YOUR ASSIGNMENT
Return the records verbatim.

Source data:

//! Messages in flight: a draw tells of each what becomes of it.
ghost use Rattle.std.specs.Prelude.{◌≡◌, ◌<◌, ◌≤◌, OnOk};
ghost use Rattle.ps_time.specs.declared.moment.TheConstants.{MAX_MOMENT};
ghost use Rattle.rehearsal_generate.specs.Draws.{is_crash, is_loss};
ghost use Rattle.rehearsal_generate.specs.Shown.{IsShown};
ghost use Rattle.rehearsal_generate.specs.Work.{crashed, flown, handled, met, shows, walked};

use crate::moves::{arrive, crash, lose};
use crate::tally::Tally;
use ps_time::memory::Memory;
use ps_time::moment::Moment;
use psched_rehearse::state::rehearsal::Rehearsal;
use rehearsal_script::script::ScriptHost;
use std::alloc::Global;

fn is_crash(number: u64) -> bool
    ensures { result ≡ is_crash number }
{
    number % 64 == 0
}

fn is_loss(number: u64) -> bool
    ensures { result ≡ is_loss number }
{
    number % 8 == 1
}

// The host at a place crashes, where this is true.
fn crash_if(
    alloc: Global,
    hosts: &[ScriptHost],
    now: &mut Rehearsal,
    place: usize,
    clock: Moment,
    is_crash: bool,
) -> Result<(), Memory>
    requires shown { IsShown hosts.now now.old }
    requires place { place < 8 }
    requires clock { clock ≤ MAX_MOMENT }
    ensures { OnOk result (now.new ≡ crashed (shows hosts.now) is_crash place clock now.old) }
{
    if is_crash {
        return crash(alloc, now, place, clock);
    }
    Ok(())
}

// A message is lost, where this is true, or arrives.
fn meet(
    alloc: Global,
    hosts: &[ScriptHost],
    now: &mut Rehearsal,
    number: u64,
    clock: Moment,
    is_loss: bool,
) -> Result<(), Memory>
    requires shown { IsShown hosts.now now.old }
    requires clock { clock ≤ MAX_MOMENT }
    ensures { OnOk result (now.new ≡ met (shows hosts.now) is_loss number clock now.old) }
{
    if is_loss {
        lose(now, number, clock);
        return Ok(());
    }
    arrive(alloc, hosts, now, number, clock)
}

// One draw tells both whether the host at the place crashes before the message, and whether this is lost.
#[tactic(auto, unfolding(crate::specs::Work::handled))]
fn handle(
    alloc: Global,
    hosts: &[ScriptHost],
    now: &mut Rehearsal,
    tally: &mut Tally,
    place: usize,
    clock: Moment,
    number: u64,
) -> Result<(), Memory>
    requires shown { IsShown hosts.now now.old }
    requires place { place < 8 }
    requires clock { clock ≤ MAX_MOMENT }
    ensures { OnOk result ((now.new, tally.new) ≡ handled (shows hosts.now) place clock number (now.old, tally.old)) }
{
    let drawn = tally.draw();
    let is_lost = is_loss(drawn);
    let crashes = is_crash(drawn);
    tally.note_loss(is_lost, number)?;
    tally.note_crash(crashes, clock)?;
    crash_if(alloc, hosts, now, place, clock, crashes)?;
    meet(alloc, hosts, now, number, clock, is_lost)
}

fn walk(
    alloc: Global,
    hosts: &[ScriptHost],
    now: &mut Rehearsal,
    tally: &mut Tally,
    place: usize,
    clock: Moment,
    numbers: &[u64],
) -> Result<(), Memory>
    requires shown { IsShown hosts.now now.old }
    requires place { place < 8 }
    requires clock { clock ≤ MAX_MOMENT }
    ensures { OnOk result ((now.new, tally.new) ≡ walked (shows hosts.now) place clock numbers.now (now.old, tally.old)) }
{
    for number in numbers {
        handle(alloc, hosts, now, tally, place, clock, *number)?;
    }
    Ok(())
}

/// Each message in flight is lost or arrives, by its number; the host at the place may crash before it.
#[tactic(auto, unfolding(crate::specs::Work::flown))]
pub fn fly(
    alloc: Global,
    hosts: &[ScriptHost],
    now: &mut Rehearsal,
    tally: &mut Tally,
    place: usize,
    clock: Moment,
) -> Result<(), Memory>
    requires shown { IsShown hosts.now now.old }
    requires place { place < 8 }
    requires clock { clock ≤ MAX_MOMENT }
    ensures { OnOk result ((now.new, tally.new) ≡ flown (shows hosts.now) place clock (now.old, tally.old)) }
{
    let numbers = now.flying().to_vec(alloc)?;
    walk(alloc, hosts, now, tally, place, clock, numbers.as_slice())
}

RESULT FOR THIS EXERCISE
//! Messages in flight: a draw tells of each what becomes of it.
ghost use Rattle.std.specs.Prelude.{◌≡◌, ◌<◌, ◌≤◌, OnOk};
ghost use Rattle.ps_time.specs.declared.moment.TheConstants.{MAX_MOMENT};
ghost use Rattle.rehearsal_generate.specs.Draws.{is_crash, is_loss};
ghost use Rattle.rehearsal_generate.specs.Shown.{IsShown};
ghost use Rattle.rehearsal_generate.specs.Work.{crashed, flown, handled, met, shows, walked};

use crate::moves::{arrive, crash, lose};
use crate::tally::Tally;
use ps_time::memory::Memory;
use ps_time::moment::Moment;
use psched_rehearse::state::rehearsal::Rehearsal;
use rehearsal_script::script::ScriptHost;
use std::alloc::Global;

fn is_crash(number: u64) -> bool
    ensures { result ≡ is_crash number }
{
    number % 64 == 0
}

fn is_loss(number: u64) -> bool
    ensures { result ≡ is_loss number }
{
    number % 8 == 1
}

// The host at a place crashes, where this is true.
fn crash_if(
    alloc: Global,
    hosts: &[ScriptHost],
    now: &mut Rehearsal,
    place: usize,
    clock: Moment,
    is_crash: bool,
) -> Result<(), Memory>
    requires shown { IsShown hosts.now now.old }
    requires place { place < 8 }
    requires clock { clock ≤ MAX_MOMENT }
    ensures { OnOk result (now.new ≡ crashed (shows hosts.now) is_crash place clock now.old) }
{
    if is_crash {
        return crash(alloc, now, place, clock);
    }
    Ok(())
}

// A message is lost, where this is true, or arrives.
fn meet(
    alloc: Global,
    hosts: &[ScriptHost],
    now: &mut Rehearsal,
    number: u64,
    clock: Moment,
    is_loss: bool,
) -> Result<(), Memory>
    requires shown { IsShown hosts.now now.old }
    requires clock { clock ≤ MAX_MOMENT }
    ensures { OnOk result (now.new ≡ met (shows hosts.now) is_loss number clock now.old) }
{
    if is_loss {
        lose(now, number, clock);
        return Ok(());
    }
    arrive(alloc, hosts, now, number, clock)
}

// One draw tells both whether the host at the place crashes before the message, and whether this is lost.
#[tactic(auto, unfolding(crate::specs::Work::handled))]
fn handle(
    alloc: Global,
    hosts: &[ScriptHost],
    now: &mut Rehearsal,
    tally: &mut Tally,
    place: usize,
    clock: Moment,
    number: u64,
) -> Result<(), Memory>
    requires shown { IsShown hosts.now now.old }
    requires place { place < 8 }
    requires clock { clock ≤ MAX_MOMENT }
    ensures { OnOk result ((now.new, tally.new) ≡ handled (shows hosts.now) place clock number (now.old, tally.old)) }
{
    let drawn = tally.draw();
    let is_lost = is_loss(drawn);
    let crashes = is_crash(drawn);
    tally.note_loss(is_lost, number)?;
    tally.note_crash(crashes, clock)?;
    crash_if(alloc, hosts, now, place, clock, crashes)?;
    meet(alloc, hosts, now, number, clock, is_lost)
}

fn walk(
    alloc: Global,
    hosts: &[ScriptHost],
    now: &mut Rehearsal,
    tally: &mut Tally,
    place: usize,
    clock: Moment,
    numbers: &[u64],
) -> Result<(), Memory>
    requires shown { IsShown hosts.now now.old }
    requires place { place < 8 }
    requires clock { clock ≤ MAX_MOMENT }
    ensures { OnOk result ((now.new, tally.new) ≡ walked (shows hosts.now) place clock numbers.now (now.old, tally.old)) }
{
    for number in numbers {
        handle(alloc, hosts, now, tally, place, clock, *number)?;
    }
    Ok(())
}

/// Each message in flight is lost or arrives, by its number; the host at the place may crash before it.
#[tactic(auto, unfolding(crate::specs::Work::flown))]
pub fn fly(
    alloc: Global,
    hosts: &[ScriptHost],
    now: &mut Rehearsal,
    tally: &mut Tally,
    place: usize,
    clock: Moment,
) -> Result<(), Memory>
    requires shown { IsShown hosts.now now.old }
    requires place { place < 8 }
    requires clock { clock ≤ MAX_MOMENT }
    ensures { OnOk result ((now.new, tally.new) ≡ flown (shows hosts.now) place clock (now.old, tally.old)) }
{
    let numbers = now.flying().to_vec(alloc)?;
    walk(alloc, hosts, now, tally, place, clock, numbers.as_slice())
}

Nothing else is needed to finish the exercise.